Arts

‘Antlers’ Review: Buck Wild

“Antlers,” a moody muddle by Scott Cooper (“Hostiles”), attempts to do for the wendigo, a man-eating, steroidal, elk-like creature from Algonquin folklore, what “Jaws” did for the great white shark: pare a beast to its protuberances and set it loose on an economically-anxious hamlet where basic human well-being is a luxury.

The setting is a small Oregon coal mining town that looks funereal even before the wendigo stacks up spines like discarded toothpicks. The mine has shuttered, but promises to reopen. In the interim, its abandoned shaft is an irresistible temptation for two destructive forces fated to collide: Frank Weaver (Scott Haze), a local meth maker who cooks in the darkness, and the wendigo, Mother Earth’s vengeful protector. (The film’s go-green ideology appears only in the opening crawl before becoming as forgotten as a T-shirt from Earth Day 1994.)
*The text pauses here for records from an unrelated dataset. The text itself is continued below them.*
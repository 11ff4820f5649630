//! What holds of all tokens: each function computes nothing, and its contract is the law.

ghost use Rattle.c0_grammar_laws.specs.Laws.{FaultsAreCaused, FaultsAreFirst, LexedAreTokens, LimitsAreThese, NamesAreTooMany, NoneIsShallow, OneProgram, ReadsExactly, SyntaxExcludes};
ghost use Rattle.c0_grammar_laws.specs.WorkedTokens.{ConditionOnLastLevel, IfOnLastLevel, StatementBelow};

/// No tokens read as two programs.
pub fn one_program()
    ensures { OneProgram }
{}

/// What reading from left to right gives is what the tokens read as, and where it meets a fault they read as nothing.
pub fn reads_exactly()
    ensures { ReadsExactly }
{}

/// The tokens that the lexer gives of a text are what the parser takes.
pub fn lexed_are_tokens()
    ensures { LexedAreTokens }
{}

/// Where reading meets a fault at a token, no program begins with the tokens up to and with that one. One name too many may be told
/// of a name that stands before the token which tells so.
pub fn faults_are_caused()
    ensures { FaultsAreCaused }
{}

/// The limits within which tokens read as a program: 200 nodes on a path, 1024 locals with parameters in a function, 4096 functions.
pub fn limits_are_these()
    ensures { LimitsAreThese }
{}

/// Where reading meets fault 20 or 21, the tokens before that place begin a program, of at most one level or one local more than the
/// limits: no earlier token is at fault.
pub fn faults_are_first()
    ensures { FaultsAreFirst }
{}

/// Where reading meets fault 20 or 21 at a token, each program that begins with the tokens up to and with that one is too deep,
/// however many names it declares.
pub fn none_is_shallow()
    ensures { NoneIsShallow }
{}

/// Where reading meets fault 20 at a token, no program begins with the tokens up to and with that one, whatever limits it has.
pub fn syntax_excludes()
    ensures { SyntaxExcludes }
{}

/// Where reading meets fault 22, it is told of a name, the first too many in its function or the first function too many.
pub fn names_are_too_many()
    ensures { NamesAreTooMany }
{}

/// Where reading stops on the last level that there is, and below it.
pub fn last_levels()
    ensures token { IfOnLastLevel }
    ensures condition { ConditionOnLastLevel }
    ensures statement { StatementBelow }
{}
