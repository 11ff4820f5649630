//! Reading from left to right, as definitions, and what holds of it for all tokens.
#![tactic(auto)]

pub mod laws;
pub mod read_error;
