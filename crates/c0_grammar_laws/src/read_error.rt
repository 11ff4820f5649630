//! Why no tree is read.

ghost use Rattle.std.specs.Prelude.{◌≡◌};

use std::alloc::{AllocError, AllocFailed};

/// Why no tree is read. The number says how many tokens stand from the fault's place on.
#[derive(Clone, Copy, Debug, PartialEq, Eq)]
pub enum ReadError {
    OutOfMemory,
    Syntax(usize),
    TooDeep(usize),
    TooLarge(usize),
}

impl From<AllocError> for ReadError {
    ghost use Rattle.c0_grammar_laws.specs.declared.read_error.ReadError.TheVariants.{OutOfMemory};

    ghost from_gives = { λ _ e. e ≡ OutOfMemory };

    fn from(_: AllocError) -> ReadError {
        ReadError::OutOfMemory
    }
}

impl<T: Drop> From<AllocFailed<T>> for ReadError {
    ghost use Rattle.c0_grammar_laws.specs.declared.read_error.ReadError.TheVariants.{OutOfMemory};

    ghost from_gives = { λ _ e. e ≡ OutOfMemory };

    fn from(_: AllocFailed<T>) -> ReadError {
        ReadError::OutOfMemory
    }
}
A cannibal who symbolizes mankind’s appetite for greed and plunder couldn’t be more relevant. In execution, however, “Antlers” isn’t much interested in expanding on its folkloric myth. The wendigo stalks the movie like just another rattle-throat corpse-grinder that yowls and stomps and does its darnedest to trample a path for a sequel. The script, co-written by Cooper, C. Henry Chaisson and Nick Antosca (“Channel Zero”), dwells instead on the miseries of Frank’s oldest son, Lucas (a promising Jeremy T. Thomas), a 12-year-old grappling with the complete destruction of his already fragile home life. Lucas’s English teacher, Julia (Keri Russell), notices that the starved child is scribbling disturbed drawings that demand more attention than the stretched-thin principal (Amy Madigan) is able to give.

Julia has her own history of abuse, conveyed through cryptic flashbacks and Russell’s flatlined frown. The film’s smartest insights come from observing how maltreated children bear their secrets. At the same time, Julia’s brother (Jesse Plemons), the local sheriff, is saddled with speculating that the disemboweled victims were done in by “a bear or cougar or something,” inanities made worse by Cooper’s apparent affection for ponderous dialogue delivery that makes every character speak as though they’re hand-whittling each word.

The film’s self-seriousness is as oppressive as its setting’s monotonous fog. The cinematographer Florian Hoffmeister shoots handsomely, making Boschian ghouls of men in bug-eyed gas masks, yet it gets frustrating that neither he nor Cooper allow anyone to turn on more than one lamp. Despite Julia’s classroom lectures about the purpose of fiction — on Goldilocks: “Is there a moral or lesson in that story?” — “Antlers” itself is merely a jumbled presentation of awful things, the bones of a good idea with none of the meat.

Antlers
Rated R for blood and guts and emotional bludgeoning. Running time: 1 hour 39 minutes. In theaters.